Stored data:

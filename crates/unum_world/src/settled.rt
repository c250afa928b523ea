//! How a world that its chooser runs comes to rest.

/// Why the chooser makes no more events.
#[derive(Clone, Copy, Debug, PartialEq, Eq)]
pub enum Settled {
    /// No event is enabled.
    Drained,
    /// The history is full, and some event is enabled.
    Spent,
}
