//! The calls that attempts wait for.
ghost use Rattle.std.specs.Prelude.{◌≡◌, ◌↔◌, slice_get, IfOk, IsTrue, Some};
ghost use Rattle.std.specs.Option.{option_map};
ghost use Rattle.world_types.specs.declared.queue.Event.TheVariants.{Answer};
ghost use Rattle.world_model.specs.AnyCode.World.{enabled};
ghost use Rattle.unum_world.specs.Openings.{codes_of};
ghost use Rattle.unum_world.specs.Traces.{world_of};
ghost use Rattle.unum_world.specs.Calls.{awaited_call, function_call};
ghost use Rattle.unum_world.specs.Kept.{Holds};
ghost use Rattle.unum_world.specs.Turns.{asked_by};

use crate::flat::form_of;
use crate::opening::Opening;
use crate::places::message_of;
use crate::steps::next_doing;
use crate::world_state::WorldState;
use fn_table::{Answered, FnKind, Table, copy_kind, same_kind};
use fn_wrapper::Instance;
use std::alloc::Global;
use unum_json::{Json, NoMemory, Text, same};
use world_types::Doing;

/// Whether a call is of the function of that resource, with that input.
fn is_call_of(table: &Table, resource: &Text, input: &Json, done: &Answered) -> bool
    ensures { IsTrue result ↔ (function_call table.now resource.now input.now done.now.ticket ≡ Some done.now) }
{
    match table.find(resource.as_bytes()) {
        Some(kind) => same_kind(kind, done.kind()) && same(input, done.input()),
        None => false,
    }
}

/// The call that an attempt makes: the resource of its function, and the input.
#[derive(Drop)]
struct PendingCall {
    resource: Text,
    input: Json,
}

/// A call of a function.
#[derive(Drop)]
pub struct FunctionCall {
    /// The function.
    pub kind: FnKind,
    /// What it is called with.
    pub input: Json,
}

/// The call that an attempt makes, which waits for one.
fn pending(
    alloc: Global,
    o: &Opening,
    now: &WorldState,
    attempt: u32,
) -> Result<PendingCall, NoMemory>
    requires holds { Holds o.now now.now }
    requires on { IsTrue (enabled (codes_of o.now) (world_of o.now now.now) (Answer attempt)) }
    ensures { IfOk result (λ c. awaited_call (codes_of o.now) (world_of o.now now.now) attempt ≡ function_call o.now.table c.resource c.input attempt) }
{
    let (_inv, message) = message_of(&now.hub.queue, attempt);
    let ir = form_of(o, message.name.place.session);
    let instance = Instance {
        ir,
        invocation: &message,
        ticket: attempt,
    };
    match next_doing(alloc, now, instance)? {
        Doing::Ask { resource, input } => Ok(PendingCall { resource, input }),
        other => {
            drop(other);
            unreachable!()
        }
    }
}

/// Whether the call is the one that its attempt waits for. The attempt waits for one.
pub fn is_awaited(
    alloc: Global,
    o: &Opening,
    now: &WorldState,
    done: &Answered,
) -> Result<bool, NoMemory>
    requires holds { Holds o.now now.now }
    requires on { IsTrue (enabled (codes_of o.now) (world_of o.now now.now) (Answer done.now.ticket)) }
    ensures { IfOk result (λ b. IsTrue b ↔ (awaited_call (codes_of o.now) (world_of o.now now.now) done.now.ticket ≡ Some done.now)) }
{
    let asked = pending(alloc, o, now, done.ticket())?;
    let is = is_call_of(&o.table, &asked.resource, &asked.input, done);
    drop(asked);
    Ok(is)
}

/// The call that an attempt waits for, or `None` exactly where the table has no such function. The attempt waits for one.
pub fn awaited(
    alloc: Global,
    o: &Opening,
    now: &WorldState,
    attempt: u32,
) -> Result<Option<FunctionCall>, NoMemory>
    requires holds { Holds o.now now.now }
    requires on { IsTrue (enabled (codes_of o.now) (world_of o.now now.now) (Answer attempt)) }
    ensures { IfOk result (λ c. option_map (asked_by attempt) c ≡ awaited_call (codes_of o.now) (world_of o.now now.now) attempt) }
{
    let asked = pending(alloc, o, now, attempt)?;
    let Some(kind) = o.table.find(asked.resource.as_bytes()) else {
        drop(asked);
        return Ok(None);
    };
    let Ok(kind) = copy_kind(alloc, kind) else {
        drop(asked);
        return Err(NoMemory);
    };
    Ok(Some(FunctionCall {
        kind,
        input: asked.input,
    }))
}
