// Reads the lines of standard input, and prints each with what it is read as.
#![tactic(auto)]

use lines::line_end;
use model::{Line, Param, Term, TypeForm};
use std::io;

// The names that lines are read with: the built-in six, in the order of their codes.
const NAMES: [u8; 21] = *b"FHE,OP,DET,MH,AH,RAND";

// The most bytes of standard input that are read.
const TEXT: usize = 4096;

fn show_type(rt: &HostRuntime, i: u16, form: TypeForm) -> io::Result<()> {
    match form {
        TypeForm::Int => print!(rt; "T {i} INT"),
        TypeForm::Any => print!(rt; "T {i} ANY"),
        TypeForm::Arrow(argument, from, result, to) => print!(rt;
            "T {i} ARROW {argument} {from} {result} {to}"
        ),
    }
}

fn show_param(rt: &HostRuntime, p: u16, param: Param) -> io::Result<()> {
    let (qualifier, typerow, floor) = (param.qualifier, param.typerow, param.floor);
    print!(rt; "P {p} {qualifier} {typerow} {floor}")
}

fn show_term(rt: &HostRuntime, i: u16, term: Term) -> io::Result<()> {
    match term {
        Term::Lam(p, body) => print!(rt; "E {i} LAM {p} {body}"),
        Term::App(function, argument) => print!(rt; "E {i} APP {function} {argument}"),
        Term::Op(o, left, right) => print!(rt; "E {i} OP {o} {left} {right}"),
        Term::Var(p) => print!(rt; "E {i} VAR {p}"),
        Term::Num(n) => print!(rt; "E {i} NUM {n}"),
        Term::Enc(e, n) => print!(rt; "E {i} ENC {e} {n}"),
    }
}

fn show(rt: &HostRuntime, line: Line) -> io::Result<()> {
    match line {
        Line::TypeLine(i, form) => show_type(rt, i, form),
        Line::ParamLine(p, param) => show_param(rt, p, param),
        Line::TermLine(i, term) => show_term(rt, i, term),
        Line::NoForm => print!(rt; "none"),
    }
}

fn show_line(rt: &HostRuntime, bytes: &[u8]) -> io::Result<()> {
    rt.write_all(bytes)?;
    print!(rt; " = ")?;
    show(rt, line::read(&NAMES, bytes))?;
    println!(rt;)
}

fn show_lines(rt: &HostRuntime, text: &[u8]) -> io::Result<()> {
    let mut from = 0;
    while from < text.len() {
        let to = line_end(text, from);
        show_line(rt, &text[from..to])?;
        from = to + 1;
    }
    Ok(())
}

fn main(rt: HostRuntime) -> io::Result<()> {
    let mut text = [0u8; TEXT];
    let size = streams::read_whole(&mut rt.stdin(), &rt, &mut text)?;
    show_lines(&rt, &text[..size])
}
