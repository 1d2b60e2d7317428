//! Equality and hash of worlds.

ghost use Rattle.wi_values.specs.Replacements.{same_replacements};
ghost use Rattle.wi_worlds.specs.Inner.Compared.{same_world_equiv, same_world_hash, same_world_partial, world_input};

use crate::world::World;
use std::hash::{Hash, Hasher};

/// Worlds of different digests are told apart without a look at their replacements.
impl PartialEq for World {
    ghost eq = { same_replacements };

    ghost laws = { same_world_partial };

    fn eq(&self, other: &World) -> bool {
        self.digest() == other.digest() && self.replacements() == other.replacements()
    }
}

impl Eq for World {
    ghost laws = { same_world_equiv };
}

/// The work of a hash is the same whatever the count of replacements.
impl Hash for World {
    ghost hash_input = { world_input };

    ghost respects_eq = { same_world_hash };

    fn hash<H: Hasher>(&self, state: &mut H) {
        self.digest().hash(state);
    }
}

What to do: Output the data exactly, from the first line through the line that holds "use std::alloc::Global;", so that no later line appears.

Result of the task:
filename crates/unum_world/src/settled.rt
repository c250afa928b523ea
//! How a world that its chooser runs comes to rest.

/// Why the chooser makes no more events.
#[derive(Clone, Copy, Debug, PartialEq, Eq)]
pub enum Settled {
    /// No event is enabled.
    Drained,
    /// The history is full, and some event is enabled.
    Spent,
}
//! The calls that attempts wait for.
ghost use Rattle.std.specs.Prelude.{◌≡◌, ◌↔◌, slice_get, IfOk, IsTrue, Some};
ghost use Rattle.std.specs.Option.{option_map};
ghost use Rattle.world_types.specs.declared.queue.Event.TheVariants.{Answer};
ghost use Rattle.world_model.specs.AnyCode.World.{enabled};
ghost use Rattle.unum_world.specs.Openings.{codes_of};
ghost use Rattle.unum_world.specs.Traces.{world_of};
ghost use Rattle.unum_world.specs.Calls.{awaited_call, function_call};
ghost use Rattle.unum_world.specs.Kept.{Holds};
ghost use Rattle.unum_world.specs.Turns.{asked_by};

use crate::flat::form_of;
use crate::opening::Opening;
use crate::places::message_of;
use crate::steps::next_doing;
use crate::world_state::WorldState;
use fn_table::{Answered, FnKind, Table, copy_kind, same_kind};
use fn_wrapper::Instance;
use std::alloc::Global;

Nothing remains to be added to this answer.